有信落在秦風后面,簡直沒法相信,夏中山一路尋來,竟沒有走錯過,他這找路的運氣也太好了點吧。
一壁銀瀑從空中飛落而下,瀑下有許多大石嵯峨,水石間有密密的草叢,有的地方有叢生的闊葉植物高大達兩三米。即使這樣,有信不相信,夏中山能再次準確找到入口。
夏中山象帶了奇異的功能,在瀑下站了一會,盯著旁邊一叢針葉植物,和一叢高大的芭蕉,吸一口氣,一個縱身射到兩叢植物中間。
有信倒吸一口氣。
夏中山一個閃身就不見了。
“二公子。”秦風嚇得追上去。
有信抹下從空中飛撒下來,濺到臉的水珠,第一次差點脫口而出粗話,媽的,夏中山一夜間能通冥幽了?
他跟著追進去,前面的人已經從兩叢植物間的一座峭石后進了入口。他在外面假裝叫幾聲,“秦風?你們藏哪了?”
秦風應一聲,“石頭后面。”
有信長長地吸一口氣,無法想象地進了入口。
越往里越黑,前方有轟轟的流水聲。
秦風在前面說,“二公子,別望前去了。里面有流水聲,恐怕里面有陰河。”
“怕死不要跟來。”夏中山的聲音在暗道里反復回蕩,他已經走到很深的地方。
“有信進來了嗎?”
“來了。”
有信隱隱看到秦風的影子,兩人往前走一段,黑得沒法再往前走。
秦風只得停下腳步,緊張地朝里面叫道,“二公子。出來吧。里面太危險了。”
里面沒有回應。
“不好。二公子出事了?”秦風聲調一變。
“先別急。也許他沒的到我們的叫聲。我們摸著石壁,小心地向前走吧。”有信心里一緊,往前倒是沒多大的危險,只是那陰河若是這時漲了水上來的話,不知端倪的一個勁往前沖,那便真的有危險。
秦風和有信邊走邊叫夏中山,走了一陣,前面傳來腳步聲。
“二公子,是你嗎?”秦風焦急地問。
“是我!”黑暗中傳來夏中山不悅的聲音。
秦風和有信停下腳步,在那等了一會,一道勁風氣勢洶洶地出來,刮過他們身邊,似有一個人經過他們身邊飛快地出去了。
“二公子。你慢點!”秦風抹抹額上的冷汗,幸好二公子沒事。
有信再次驚呆了,在黑暗里夏中山竟象是在白晝里行走一般,他直沖沖地大步地出去了。

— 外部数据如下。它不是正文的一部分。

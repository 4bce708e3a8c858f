//! The revisions of a rollout, and the revisions that the services select.
#![tactic(auto)]

mod name;
mod ports;
mod replica_ports;
mod revision;
mod revision_fault;
mod roster;

pub use name::Name;
pub use ports::Ports;
pub use replica_ports::are_replica_ports;
pub use revision::{Revision, Selectors, Service};
pub use revision_fault::RevisionFault;
pub use roster::{MOST_REVISIONS, Roster};
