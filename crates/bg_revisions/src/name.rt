//! The name of a revision.
ghost use Rattle.std.specs.Prelude.{◌≡◌, IfOk};

use std::alloc::{AllocError, Global};
use std::marker::Model;

/// The name of a revision. Contracts see it as the list of its bytes. The value is one pointer wide.
#[derive(Debug)]
pub struct Name {
    text: Box<String>,
}

impl Drop for Name {
    /// Drops the fields by one call, so that the proofs of what owns a value are short (CONTRIBUTING.md, "What a check costs").
    fn drop(self) {
        let Name { text: _ } = self;
    }
}

impl Model for Name {
    ghost use Rattle.std.specs.Prelude.{List, ℕ, string_bytes};

    ghost Value = { List ℕ };

    ghost view = { λ n. string_bytes n.text.value };
}

impl Name {
    /// Makes a name from a copy of `text`. The only error is an allocation failure.
    pub fn new(alloc: Global, text: &str) -> Result<Name, AllocError>
        ensures { IfOk result (λ n. n ≡ text.now) }
    {
        let copy = String::from_str(alloc, text)?;
        Ok(Name {
            text: Box::new(alloc, copy)?,
        })
    }

    /// The text of the name.
    pub fn get(&self) -> &str
        ensures { result.now ≡ self.now }
    {
        self.text.as_str()
    }
}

而他們在后邊仍然靠摸著石壁行走,好在越往外越明亮,到明亮處了,才幾個大步出了洞里。
洞外,夏中山全身濕漉漉地邊走邊用劍生氣地砍路邊的雜草。明明榮兒就是從那里離開的,可是里面的河水一直在漲,即使他看得見里面,但陰河通往地心深處,這是孩子都知道的常識,所以他沒有游向深處。
有信和秦風追出來,見他全身透濕,知道他下過水了。秦風只擔心他的安全,有信卻是心里有了戒備,夏中山目力不同凡響,竟沒有任何人知道呀。